Sample Efficient Reinforcement Learning by Automatically Learning to Compose Subtasks
This addresses sample efficiency for RL practitioners in sparse-reward environments, offering an incremental advance over existing methods.
The paper tackles the problem of sample inefficiency in reinforcement learning with sparse rewards by proposing an algorithm that automatically structures reward functions using subtask labels. The result is a significant performance improvement over state-of-the-art baselines, especially as task difficulty increases.
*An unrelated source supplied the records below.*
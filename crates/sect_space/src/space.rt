// Limits, reserved and unreserved space.

ghost use Rattle.std.specs.Prelude.{◌≡◌, ℕ, ℤ, pos, ◌-ℤ◌, ◌&&◌, ◌+◌, ◌*◌, ◌≤◌, ◌==◌, cond, filter, length, sum_by, IfSome};
ghost use Rattle.std.specs.List.{list_any};
ghost use Rattle.std.specs.Option.{is_none};
ghost use Rattle.sect_catalog.specs.Catalogue.{places as places_in, places_of_all};
ghost use Rattle.sect_reserve.specs.Audience.{active as is_active};
ghost use Rattle.sect_model.specs.Counts.{count_of};
ghost use Rattle.sect_model.specs.Space.{
  places_at,
  names as is_named,
  active_at,
  remaining as remaining_of,
  has_unlimited as are_unlimited,
  space_of,
  unreserved_of,
};
ghost use Rattle.sect_numbers.specs.Own.{level_offering as offering_of_level};

use crate::world::World;
use sect_base::{ConfigId, Level, Limit, OfferingId, SectionId};
use sect_catalog::{ConfigRow, OfferingRow};
use sect_numbers::laws::a_level_is_named_by_its_offering;
use sect_reserve::{Place, Reservation, active};

impl World {
    /// The unreserved space of a level, which may be below 0: its limit, less its enrolments, less what the active
    /// reservations that name it still hold back; and 0 where an active reservation without a limit names it. None
    /// exactly where the level has no limit or isn't known. It takes no memory.
    pub fn unreserved(&self, level: Level) -> Option<i64>
        ensures { result ≡ unreserved_of self.now.world level }
    {
        match self.places(level) {
            Some(places) => Some(self.space(level, places)),
            None => None,
        }
    }

    /// The places at a level, for an offering the sum over its configurations. None exactly where the level has no limit
    /// or isn't known. It takes no memory.
    #[inline(always)]
    pub fn places(&self, level: Level) -> Option<u64>
        ensures value { result ≡ places_at self.now.world level }
        ensures bound { IfSome result (λ n. n ≤ 42949672950) }
    {
        match level {
            Level::Course(id) => places(self.catalogue().course(id)?.1.limit),
            Level::Offering(id) => self.places_of(id),
            Level::Config(id) => places(self.catalogue().config(id)?.limit),
            Level::Section(id) => places(self.catalogue().section(id)?.limit),
        }
    }

    /// The places of an offering. None where one of its configurations has no limit, or it isn't known.
    fn places_of(&self, id: OfferingId) -> Option<u64>
        ensures value { result ≡ places_at self.now.world (Level.Offering id) }
        ensures bound { IfSome result (λ n. n ≤ 42949672950) }
    {
        self.recall_kept();
        match self.catalogue().offering(id) {
            Some(row) => offering_places(row),
            None => None,
        }
    }

    /// The unreserved space of a level with so many places.
    fn space(&self, level: Level, places: u64) -> i64
        requires { places ≤ 42949672950 }
        ensures { result ≡ space_of self.now.world level places }
    {
        if self.has_unlimited(level) {
            0
        } else {
            difference(places, self.taken(level))
        }
    }

    /// The reservations of the level's offering, among which are all that name the level. It takes no memory.
    fn reservations_near(&self, level: Level) -> &[Reservation]
        ensures near { active_at self.now.world level ≡ filter (λ r. is_active r self.now.world.day && is_named r level) result.now }
        ensures bound { length result.now ≤ 1000000 }
    {
        self.recall_kept();
        a_level_is_named_by_its_offering();
        match self.level_offering(level) {
            Some(offering) => self.reservations(offering),
            None => &[],
        }
    }

    /// The offering of a level.
    fn level_offering(&self, level: Level) -> Option<OfferingId>
        ensures { result ≡ offering_of_level self.now.world level }
    {
        match level {
            Level::Course(id) => Some(self.catalogue().course(id)?.0.id),
            Level::Offering(id) => Some(id),
            Level::Config(id) => self.parts.config_offering(id),
            Level::Section(id) => self.parts.section_offering(id),
        }
    }

    /// Whether an active reservation that names the level has no limit.
    fn has_unlimited(&self, level: Level) -> bool
        ensures { result ≡ are_unlimited (active_at self.now.world level) }
    {
        self.any_unlimited(level, self.reservations_near(level))
    }

    /// Whether one of the rows that are active and name the level has no limit.
    fn any_unlimited(&self, level: Level, rows: &[Reservation]) -> bool
        ensures { result ≡ list_any (λ r. (is_active r self.now.world.day && is_named r level) && is_none (places_in r.limit)) rows.now }
    {
        rows.iter().any(|row| self.is_active_at(level, row) && is_boundless(row.limit))
    }

    /// The enrolments at the level, and what the active reservations that name it still hold back.
    fn taken(&self, level: Level) -> u64
        ensures value { result ≡ count_of self.now.world level + sum_by (remaining_of self.now.world) (active_at self.now.world level) }
        ensures bound { result ≤ 4300000000000000 }
    {
        self.recall_kept();
        u64::from(self.count(level)) + self.held_back(level, self.reservations_near(level))
    }

    /// What those of the rows that are active and name the level still hold back.
    fn held_back(&self, level: Level, rows: &[Reservation]) -> u64
        requires { length rows.now ≤ 1000000 }
        ensures value { result ≡ sum_by (λ r. cond (is_active r self.now.world.day && is_named r level) (remaining_of self.now.world r) 0) rows.now }
        ensures bound { result ≤ 1000000 * 4294967295 }
    {
        let mut sum = 0u64;
        for row in rows {
            sum += u64::from(self.held_by(level, row));
        }
        sum
    }

    /// What the reservation still holds back at the level: nothing where it isn't active or doesn't name the level.
    fn held_by(&self, level: Level, row: &Reservation) -> u32
        ensures { result ≡ cond (is_active row.now self.now.world.day && is_named row.now level) (remaining_of self.now.world row.now) 0 }
    {
        if self.is_active_at(level, row) {
            self.remaining(row)
        } else {
            0
        }
    }

    /// Whether the reservation is active on the world's day and names the level. It takes no memory.
    pub fn is_active_at(&self, level: Level, row: &Reservation) -> bool
        ensures { result ≡ is_active row.now self.now.world.day && is_named row.now level }
    {
        active(row, self.day()) && names(row, level)
    }

    /// How many may still enrol by the reservation, and 0 where it has no limit. It takes no memory.
    pub fn remaining(&self, row: &Reservation) -> u32
        ensures { result ≡ remaining_of self.now.world row.now }
    {
        match row.limit {
            Limit::Places(limit) => limit.saturating_sub(self.used(row.id)),
            Limit::Unlimited => 0,
        }
    }
}

/// Whether the reservation names the level: its offering, and a configuration or section that it lists. It takes no memory.
pub fn names(row: &Reservation, level: Level) -> bool
    ensures { result ≡ is_named row.now level }
{
    match level {
        Level::Course(_) => false,
        Level::Offering(id) => row.offering == id,
        Level::Config(id) => lists_config(row.includes.configs.as_slice(), id),
        Level::Section(id) => lists_place(row.includes.sections.as_slice(), id),
    }
}

/// Whether the configuration is among those listed.
fn lists_config(configs: &[ConfigId], id: ConfigId) -> bool
    ensures { result ≡ list_any (λ c. c.0 == id.0) configs.now }
{
    configs.iter().any(|config| *config == id)
}

/// Whether the section is among the places listed.
fn lists_place(places: &[Place], id: SectionId) -> bool
    ensures { result ≡ list_any (λ p. p.section.0 == id.0) places.now }
{
    places.iter().any(|place| place.section == id)
}

/// Whether the limit is unlimited.
fn is_boundless(limit: Limit) -> bool
    ensures { result ≡ is_none (places_in limit) }
{
    matches!(limit, Limit::Unlimited)
}

/// The number of places of a limit. None where it is unlimited.
fn places(limit: Limit) -> Option<u64>
    ensures value { result ≡ places_in limit }
    ensures bound { IfSome result (λ n. n ≤ 4294967295) }
{
    match limit {
        Limit::Places(places) => Some(u64::from(places)),
        Limit::Unlimited => None,
    }
}

/// The places of an offering of at most ten configurations: the sum over them. None where one of them has no limit. It takes no
/// memory.
#[inline(always)]
pub fn offering_places(row: &OfferingRow) -> Option<u64>
    requires { length row.now.configs ≤ 10 }
    ensures value { result ≡ places_of_all row.now.configs }
    ensures bound { IfSome result (λ n. n ≤ 42949672950) }
{
    total(row.configs.as_slice())
}

/// The sum of the limits, at most ten, and None where one of them is none.
fn total(configs: &[ConfigRow]) -> Option<u64>
    requires { length configs.now ≤ 10 }
    ensures value { result ≡ places_of_all configs.now }
    ensures bound { IfSome result (λ n. n ≤ 42949672950) }
{
    let mut sum = 0u64;
    for config in configs {
        match config.limit {
            Limit::Places(places) => sum += u64::from(places),
            Limit::Unlimited => return None,
        }
    }
    Some(sum)
}

/// The places less those taken, which may be below zero.
fn difference(places: u64, taken: u64) -> i64
    requires places { places ≤ 42949672950 }
    requires taken { taken ≤ 4300000000000000 }
    ensures { result ≡ pos places -ℤ pos taken }
{
    places as i64 - taken as i64
}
Improving sample efficiency is central to Reinforcement Learning (RL), especially in environments where the rewards are sparse. Some recent approaches have proposed to specify reward functions as manually designed or learned reward structures whose integrations in the RL algorithms are claimed to significantly improve the learning efficiency. Manually designed reward structures can suffer from inaccuracy and existing automatically learning methods are often computationally intractable for complex tasks. The integration of inaccurate or partial reward structures in RL algorithms fail to learn optimal policies. In this work, we propose an RL algorithm that can automatically structure the reward function for sample efficiency, given a set of labels that signify subtasks. Given such minimal knowledge about the task, we train a high-level policy that selects optimal sub-tasks in each state together with a low-level policy that efficiently learns to complete each sub-task. We evaluate our algorithm in a variety of sparse-reward environments. The experiment results show that our approach significantly outperforms the state-of-art baselines as the difficulty of the task increases.